Metal Album Reviews[RSS]

  • Reviewgium – Volume I, issue II

    Amorphis has returned with a new singer and consequently, a heavier and more vigorous album. Eclipse has a very refined and well-produced sound with strong, melodic songs, and powerful vocals.

    The album starts with an eerie synthesizer intro that leads into the driving beat of “Two Moons,” a song rich with pounding riffage and heavy, gritty vocals. “House of Sleep” follows quickly with a catchy, melodic guitar rhythm, and delivers great vocal harmonies throughout. About 2/3 into the song, an ethereal keyboard/synthesizer duet segues into one of the album’s many clever key shifts. As “Leaves Scar” begins with a soft airy melody, it seems you are going to get a little break from the action…but no…a heavy riff begins and ushers in a nice, brutal death vocal verse, eliminating any doubt that Amorphis is fooling around with this album. Adding to the brutality is the explosive “Perkele,” and almost highlandish “Brother Moon,” as well as the album highlight “The Smoke.” Things slow down, but do not lessen in intensity, with the songs “Under a Soul and Black Stone,” and “Same Flesh,” and the album finishes off with the fundamental rocker “Empty Opening” and somewhat inconsequential bonus track “Stone Woman.”

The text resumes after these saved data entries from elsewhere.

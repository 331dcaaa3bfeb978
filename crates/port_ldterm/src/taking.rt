//! What a terminal makes of the messages that it takes.
ghost use Rattle.std.specs.Prelude.{◌≡◌, ◌≤◌, true, IfOk, IfErr, OnErr, OnOk, option_map, length, drop};
ghost use Rattle.strm_msg.specs.Message.{data_msg};
ghost use Rattle.strm_msg.specs.declared.kind.MsgKind.TheVariants.{MIoctl};
ghost use Rattle.strm_msg.specs.declared.words.Side.TheVariants.{Wr};
ghost use Rattle.port_termio.specs.Edit.{sent_by, with_modes};
ghost use Rattle.port_ldterm.specs.Terminal as terminal;
ghost use Rattle.port_ldterm.specs.Terminal.{all_waits, flushes_line, high_taken, takes_memory, unless_empty};
ghost use Rattle.port_termio.specs.Typing.{typed_on};

use crate::terminal::Terminal;
use port_termio::{GET_MODES, LineEditor, Modes, SET_MODES, shown_text};
use std::alloc::Global;
use strm_msg::{BoxedMessage, Bytes, Errno, Message, MsgKind, NoMem, Side};

/// A message of these data in the band of another, and in its box.
fn with_bytes(m: BoxedMessage, bytes: Bytes) -> BoxedMessage
    ensures { result ≡ data_msg m.band bytes }
{
    let band = m.band;
    m.becoming(Message::of_bytes(band, bytes))
}

/// What becomes of the keys of a message.
#[derive(Drop)]
struct Pieces {
    /// What goes up.
    up: Option<BoxedMessage>,
    /// What is shown.
    down: Option<BoxedMessage>,
    /// The keys that are left.
    left: Option<Bytes>,
}

/// The data of a message, none where it has no such part.
fn bytes_of(m: &Message) -> &[u8]
    ensures { result.now ≡ terminal.bytes_of m.now }
{
    match &m.dat {
        Some(dat) => dat.as_slice(),
        None => &[],
    }
}

/// A message of data.
fn data_message(alloc: Global, bytes: &[u8]) -> Result<BoxedMessage, NoMem>
    ensures { IfOk result (λ m. m ≡ data_msg 0 bytes.now) }
{
    BoxedMessage::new(alloc, Message::of_data(alloc, 0, bytes)?)
}

/// A message of data, of a vector.
fn up_message(alloc: Global, up: Option<Vec<u8>>) -> Result<Option<BoxedMessage>, NoMem>
    ensures { IfOk result (λ m. m ≡ option_map (λ bytes. data_msg 0 bytes.items) up) }
{
    match up {
        Some(bytes) => Ok(Some(data_message(alloc, bytes.as_slice())?)),
        None => Ok(None),
    }
}

/// A message of data, unless there is none.
fn screen_message(alloc: Global, screen: &[u8]) -> Result<Option<BoxedMessage>, NoMem>
    ensures { IfOk result (λ m. m ≡ unless_empty screen.now) }
{
    if screen.is_empty() {
        return Ok(None);
    }
    Ok(Some(data_message(alloc, screen)?))
}

/// The keys that are left behind the first ones.
fn left_behind(alloc: Global, keys: &[u8], many: usize) -> Result<Option<Bytes>, NoMem>
    requires { many ≤ length keys.now }
    ensures { IfOk result (λ left. left ≡ terminal.keys_left (drop many keys.now)) }
{
    if many == keys.len() {
        return Ok(None);
    }
    Ok(Some(Bytes::from_slice(alloc, &keys[many..])?))
}

/// Types the keys of a message. Fails only when memory runs out, and then some of them may have been typed.
fn typed_pieces(alloc: Global, editor: &mut LineEditor, keys: &[u8]) -> Result<Pieces, NoMem>
    ensures line { IfOk result (λ _. editor.new.line ≡ (typed_on editor.old.modes editor.old.line keys.now).line) }
    ensures modes { editor.new.modes ≡ editor.old.modes }
    ensures up { IfOk result (λ did. did.up ≡ terminal.going_up (typed_on editor.old.modes editor.old.line keys.now)) }
    ensures down { IfOk result (λ did. did.down ≡ unless_empty (typed_on editor.old.modes editor.old.line keys.now).screen) }
    ensures left { IfOk result (λ did. did.left ≡ terminal.keys_left (typed_on editor.old.modes editor.old.line keys.now).left) }
{
    let did = editor.type_on(alloc, keys)?;
    let left = left_behind(alloc, keys, did.keys)?;
    let down = screen_message(alloc, did.screen.as_slice())?;
    let up = up_message(alloc, did.up)?;
    Ok(Pieces { up, down, left })
}

impl Terminal {
    /// Lets a message go on to a side as soon as there is room.
    fn pass_on(&mut self, side: Side, m: BoxedMessage)
        ensures { self.new ≡ terminal.passed_on self.old side m }
    {
        match side {
            Side::Rd => self.up = Some(m),
            Side::Wr => self.down = Some(m),
        }
    }

    /// Types the keys of a message. It comes back where memory runs out, and nothing is changed.
    fn take_keys(&mut self, m: BoxedMessage) -> Result<(), BoxedMessage>
        ensures ok { OnOk result (self.new ≡ terminal.keys_taken self.old m) }
        ensures err { IfErr result (λ same. same ≡ m) }
        ensures same { OnErr result (self.new ≡ self.old) }
    {
        let mut editor = self.editor.copy();
        let Ok(did) = typed_pieces(self.alloc, &mut editor, bytes_of(&m)) else {
            drop(editor);
            return Err(m);
        };
        self.editor = editor;
        self.up = did.up;
        self.down = did.down;
        self.back = match did.left {
            Some(left) => Some((Side::Rd, with_bytes(m, left))),
            None => {
                drop(m);
                None
            }
        };
        Ok(())
    }

    /// Shows the text of a message. It comes back where memory runs out, and nothing is changed.
    fn take_text(&mut self, m: BoxedMessage) -> Result<(), BoxedMessage>
        ensures ok { OnOk result (self.new ≡ terminal.text_taken self.old m) }
        ensures err { IfErr result (λ same. same ≡ m) }
        ensures same { OnErr result (self.new ≡ self.old) }
    {
        let Ok(text) = shown_text(self.alloc, self.editor.modes(), bytes_of(&m)) else {
            return Err(m);
        };
        let Ok(text) = Bytes::from_vec(self.alloc, text) else {
            return Err(m);
        };
        self.down = Some(with_bytes(m, text));
        Ok(())
    }

    /// Tells the modes.
    fn tell_modes(&mut self, m: BoxedMessage, id: u64) -> Result<(), BoxedMessage>
        ensures ok { OnOk result (self.new ≡ terminal.modes_told self.old id) }
        ensures err { IfErr result (λ same. same ≡ m) }
        ensures same { OnErr result (self.new ≡ self.old) }
    {
        let modes = self.editor.modes().bytes();
        let Ok(bytes) = Bytes::from_slice(self.alloc, &modes) else {
            return Err(m);
        };
        let answer = Message::of_ack(id, 0, Some(bytes));
        self.urgent = Some((Side::Rd, m.becoming(answer)));
        Ok(())
    }

    /// Sets the modes. Without ICANON the line that is being typed goes up.
    fn set_modes(&mut self, m: BoxedMessage, id: u64, modes: Modes) -> Result<(), BoxedMessage>
        ensures ok { OnOk result (self.new ≡ terminal.modes_set self.old id modes) }
        ensures err { IfErr result (λ same. same ≡ m) }
        ensures same { OnErr result (self.new ≡ self.old) }
    {
        let mut editor = self.editor.copy();
        let up = match editor.set_modes(modes) {
            Some(line) => match data_message(self.alloc, line.as_slice()) {
                Ok(up) => Some(up),
                Err(_) => {
                    drop(editor);
                    return Err(m);
                }
            },
            None => None,
        };
        self.editor = editor;
        self.up = up;
        self.urgent = Some((Side::Rd, m.becoming(Message::of_ack(id, 0, None))));
        Ok(())
    }

    /// Answers an ioctl, if it is one of the terminal's; any other goes on down.
    fn take_ioctl(&mut self, m: BoxedMessage, id: u64, cmd: u32) -> Result<(), BoxedMessage>
        ensures ok { OnOk result (self.new ≡ terminal.ioctl_taken self.old m id cmd) }
        ensures err { IfErr result (λ same. same ≡ m) }
        ensures same { OnErr result (self.new ≡ self.old) }
        ensures memory { OnErr result (takes_memory Wr (MIoctl id cmd) ≡ true) }
    {
        if cmd == GET_MODES {
            return self.tell_modes(m, id);
        }
        if cmd != SET_MODES {
            self.pass_on(Side::Wr, m);
            return Ok(());
        }
        let Some(modes) = Modes::of(bytes_of(&m)) else {
            let answer = Message::of_nak(id, Errno::EINVAL);
            self.urgent = Some((Side::Rd, m.becoming(answer)));
            return Ok(());
        };
        self.set_modes(m, id, modes)
    }

    /// Makes something of an ordinary message. It comes back where memory runs out, and nothing is changed.
    fn take_ordinary(&mut self, side: Side, m: BoxedMessage) -> Result<(), BoxedMessage>
        ensures ok { OnOk result (self.new ≡ terminal.ordinary_taken self.old side m.kind m) }
        ensures err { IfErr result (λ same. same ≡ m) }
        ensures same { OnErr result (self.new ≡ self.old) }
        ensures memory { OnErr result (takes_memory side m.kind ≡ true) }
    {
        match (side, m.kind) {
            (Side::Rd, MsgKind::MData) => self.take_keys(m),
            (Side::Wr, MsgKind::MData) => self.take_text(m),
            (Side::Wr, MsgKind::MIoctl { id, cmd }) => self.take_ioctl(m, id, cmd),
            _ => {
                self.pass_on(side, m);
                Ok(())
            }
        }
    }

    /// Lets a message of high priority go on at once. A flush of the read side empties the line before.
    fn take_high(&mut self, side: Side, m: BoxedMessage)
        ensures { self.new ≡ high_taken self.old side m }
    {
        if flushes_line(m.kind) {
            self.editor.flush();
            self.up = None;
        }
        self.urgent = Some((side, m));
    }

    /// Makes something of a message that was taken. Where memory runs out for that, it is to be put back.
    pub(crate) fn take_in(&mut self, side: Side, m: BoxedMessage)
        ensures { terminal.TakesIn self.old side m self.new }
    {
        if m.is_high() {
            self.take_high(side, m);
            return;
        }
        if let Err(m) = self.take_ordinary(side, m) {
            self.back = Some((side, m));
            self.waits.all = true;
        }
    }
}

/// Whether a message flushes the line that is being typed: a flush of the read side, in band 0 or in all.
fn flushes_line(kind: MsgKind) -> bool
    ensures { result ≡ flushes_line kind }
{
    match kind {
        MsgKind::MFlush { r, w: _, band } => r && (band.is_none() || band == Some(0)),
        _ => false,
    }
}
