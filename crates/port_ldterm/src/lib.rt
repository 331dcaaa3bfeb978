//! A terminal's line discipline (termio(7), ldterm(7M)), as the owner of a module that the program serves.
//!
//! A [`LineEditor`] of `port_termio` takes one key at a time. A [`Terminal`] does this with the messages of a
//! stream, and knows no signals and no stop of the output.
#![tactic(auto)]

mod taking;
mod terminal;

pub use port_termio::{
    Echo, GET_MODES, Keyed, LONGEST_LINE, LineEditor, MAX_CANON, Modes, SET_MODES,
    keys_come_in_pieces, keys_edit_lines, keys_make_lines, lines_are_shown, messages_are_typed,
};
pub use terminal::Terminal;
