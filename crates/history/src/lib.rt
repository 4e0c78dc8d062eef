// Demand 3 over any machine that has its laws. Definitions and laws only.
#![tactic(auto)]
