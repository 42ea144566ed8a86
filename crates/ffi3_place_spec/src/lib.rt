//! Data types for argument locations: registers, stack offsets, the plan of a call. The only code is that of lists.
#![tactic(auto)]

mod listed;

pub use listed::Listed;
pub use std::alloc::AllocError as NoMemory;

/// A place: a general register, a floating register, or bytes of the stack from an offset on, which counts from the first
/// stack argument.
#[derive(Clone, Copy, Debug, PartialEq, Eq)]
pub enum Loc {
    /// A general register, by its number in instructions.
    G(u8),
    /// A floating or vector register, by its number in instructions.
    F(u8),
    /// The stack, so many bytes above where the first stack argument begins; and how many bytes the place has there: eight,
    /// or fewer where a standard packs its arguments.
    S(u32, u8),
}

/// What the bits of a place hold that its piece does not fill.
#[derive(Clone, Copy, Debug, PartialEq, Eq)]
pub enum Ext {
    /// Anything.
    Free,
    /// A lone integer is sign- or zero-extended to 64 bits, by its type.
    Widen,
    /// A lone integer is sign- or zero-extended to 32 bits, by its type, and from there sign-extended to 64.
    Riscv,
    /// The upper 32 bits are all ones: the float is NaN-boxed.
    Boxed,
}

/// Bytes `off` to `off + len` of a value stand in the low bytes of `loc`. A piece has at most eight bytes: a doubleword
/// of the value (an eightbyte, on AMD64), or one of its leaves.
#[derive(Clone, Copy, Debug, PartialEq, Eq)]
pub struct Piece {
    pub loc: Loc,
    pub off: u32,
    pub len: u8,
    pub ext: Ext,
}

/// The pieces of one value.
pub type Pieces = Listed<Piece>;

/// Where an argument stands: in pieces, or by reference, where `at` has the address of a copy, `copy` bytes from the
/// frame's start.
#[derive(Debug, Drop)]
pub enum Place {
    Direct(Pieces),
    ByRef { at: Loc, copy: u32 },
}

/// One place for each argument.
pub type Places = Listed<Place>;

/// Where a result stands: nowhere, in pieces, or hidden (sret), in a buffer of the caller, `buffer` bytes from the
/// frame's start, whose address is passed at `at`.
#[derive(Debug, Drop)]
pub enum Res {
    Nothing,
    Direct(Pieces),
    Hidden { at: Loc, buffer: u32 },
}

/// Where the arguments and the result of a signature stand, and the bytes of stack that a call takes.
#[derive(Debug, Drop)]
pub struct Plan {
    pub places: Places,
    pub res: Res,
    /// All the stack that the call takes, in bytes: frame, return address, save area and block.
    pub need: u64,
    /// The caller's part in bytes: stack arguments, copies, and a hidden result's buffer.
    pub frame: u64,
    /// The callee's copy of its arguments, in bytes.
    pub block: u64,
    /// How many vector registers the arguments use, where a register tells it (AMD64's al); otherwise 0.
    pub vectors: u8,
}

/// A word of eight bytes of the area in which a callee saves what it gives back.
#[derive(Clone, Copy, Debug, PartialEq, Eq)]
pub enum SaveWord {
    /// A register that a callee preserves, or the one that holds the return address.
    Register(Loc),
    /// The address of a hidden result's buffer.
    Hidden,
    /// Nothing.
    Spare,
}

/// The general registers, the floating registers and the bytes of stack that earlier arguments take. On AAPCS64 (NGRN,
/// NSRN, NSAA) the numbers of registers go past the last one, so that none is free any more.
#[derive(Clone, Copy, Debug)]
pub struct Taken {
    pub general: u64,
    pub vector: u64,
    pub stack: u64,
}
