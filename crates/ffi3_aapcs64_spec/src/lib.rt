//! Where the arguments and the result of a call stand on Arm AAPCS64. The definitions are in `specs/`; of the code they
//! need the kind alone.
#![tactic(auto)]

/// The type of each member of a homogeneous floating-point aggregate: of single, double or quad precision.
#[derive(Clone, Copy, Debug, PartialEq, Eq)]
pub enum Kind {
    Float,
    Double,
    Quad,
}
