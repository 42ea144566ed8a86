//! The machine that contracts see: its state, what each of its calls makes of it, the stubs, and the slots of closures. The
//! definitions are in `specs/`; these are the words that they share with the code.
#![tactic(auto)]

pub mod stub;
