//! A list of which contracts see the items.
ghost use Rattle.std.specs.Prelude.{◌≡◌, ◌<◌, ◌++◌, [], ◌∷◌, length, slice_index_or, slice_set, IfOk, OnOk, OnErr};

use crate::NoMemory;
use std::alloc::Global;
use std::marker::Model;

/// A vector of which contracts see the items, in order: pieces of a value, places of arguments, leaves of a layout.
#[derive(Debug, Drop)]
pub struct Listed<T: Drop> {
    items: Vec<T>,
}

impl<T: Drop> Model for Listed<T> {
    ghost use Rattle.std.specs.Prelude.{List};

    ghost Value = { List T };

    ghost view = { λ f. f.items.items };
}

impl<T: Drop> Listed<T> {
    /// None.
    pub fn new(alloc: Global) -> Listed<T>
        ensures { result ≡ [] }
    {
        Listed {
            items: Vec::new(alloc),
        }
    }

    /// None, with room for so many.
    pub fn with_capacity(alloc: Global, capacity: usize) -> Result<Listed<T>, NoMemory>
        ensures { IfOk result (λ l. l ≡ []) }
    {
        Ok(Listed {
            items: Vec::with_capacity(alloc, capacity)?,
        })
    }

    /// One more. Refused, it drops the item and leaves the list as it was.
    pub fn push(&mut self, item: T) -> Result<(), NoMemory>
        ensures ok { OnOk result (self.new ≡ self.old ++ item ∷ []) }
        ensures err { OnErr result (self.new ≡ self.old) }
    {
        self.items.push(item)?;
        Ok(())
    }

    /// How many there are.
    pub fn len(&self) -> usize
        ensures { result ≡ length self.now }
    {
        self.items.len()
    }

    /// Item `i`.
    pub fn get(&self, i: usize) -> &T
        requires { i < length self.now }
        ensures { result.now ≡ slice_index_or self.now i result.now }
    {
        &self.items[i]
    }

    /// Puts another item in the place of item `i`, which is dropped.
    pub fn set(&mut self, i: usize, item: T)
        requires { i < length self.old }
        ensures { self.new ≡ slice_set self.old i item }
    {
        self.items[i] = item;
    }
}
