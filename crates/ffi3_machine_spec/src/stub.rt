//! Where the stubs and the exchange region stand, what stands where in that region, and the stubs that a machine is sent
//! to.

/// The lowest address of the stubs.
pub const STUBS: u64 = 0x1000;
/// The bytes of the region of the stubs.
pub const STUBS_BYTES: u64 = 6_144;
/// The address above the highest byte of the stubs' region.
pub const STUBS_END: u64 = 0x2800;
/// The lowest address of the exchange region.
pub const EXCHANGE: u64 = 0x2_0000;
/// The bytes of the exchange region.
pub const EXCHANGE_BYTES: u64 = 552;
/// The address above the highest byte of the exchange region.
pub const EXCHANGE_END: u64 = 0x2_0228;
/// Where the registers end in the exchange region: 32 general ones, and behind them 32 floating ones.
pub const REGISTERS_END: u64 = 512;
/// Where the stub Call finds the address that it calls.
pub const CALLEE_AT: u64 = 512;
/// Where the stub Call finds the stack pointer with which it calls.
pub const CALL_SP_AT: u64 = 520;
/// Where the stub Entry finds the stack pointer with which the callee goes on.
pub const ENTRY_SP_AT: u64 = 528;
/// Where the stub Exit finds the address of the save area.
pub const AREA_AT: u64 = 536;
/// Where the stub Return finds the stack pointer with which the caller goes on.
pub const RETURN_SP_AT: u64 = 544;

/// A stub that the machine is sent to.
#[derive(Clone, Copy, Debug, PartialEq, Eq)]
pub enum Stub {
    /// It loads arguments and calls.
    Call,
    /// It loads results and returns.
    Exit,
}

    I highly recommend this album to new listeners and older fans alike. Whatever edge and intensity Amorphis may have lost with the last few albums, they have regained with Eclipse. Again, it is more refined and a better quality album soundwise than say, Elegy. Take that as you will.

    Posted on January 18, 2010 - Permalink - Buy Now
  • It’s difficult to change vocalists and retain the same following, but Amorphis have achieved it. Eclipse is the third chapter in Amorphis’ career. When they first started out, guitarist Tomi Koivusaari sang and played the guitar. Then came their amazing second singer Pasi Koskinen, stepping in for their Elegy masterpiece, with both clean and death vocals. The band released a string of successful albums with Koskinen until 2004’s Far from the Sun, where they not only abandoned their folky roots and psychedelic backdrop, but also took on a relatively more modern sound. The album was criticised severely by the band’s fanbase and led to the departure of Pasi Koskinen who perhaps couldn’t summon the necessary inspiration anymore.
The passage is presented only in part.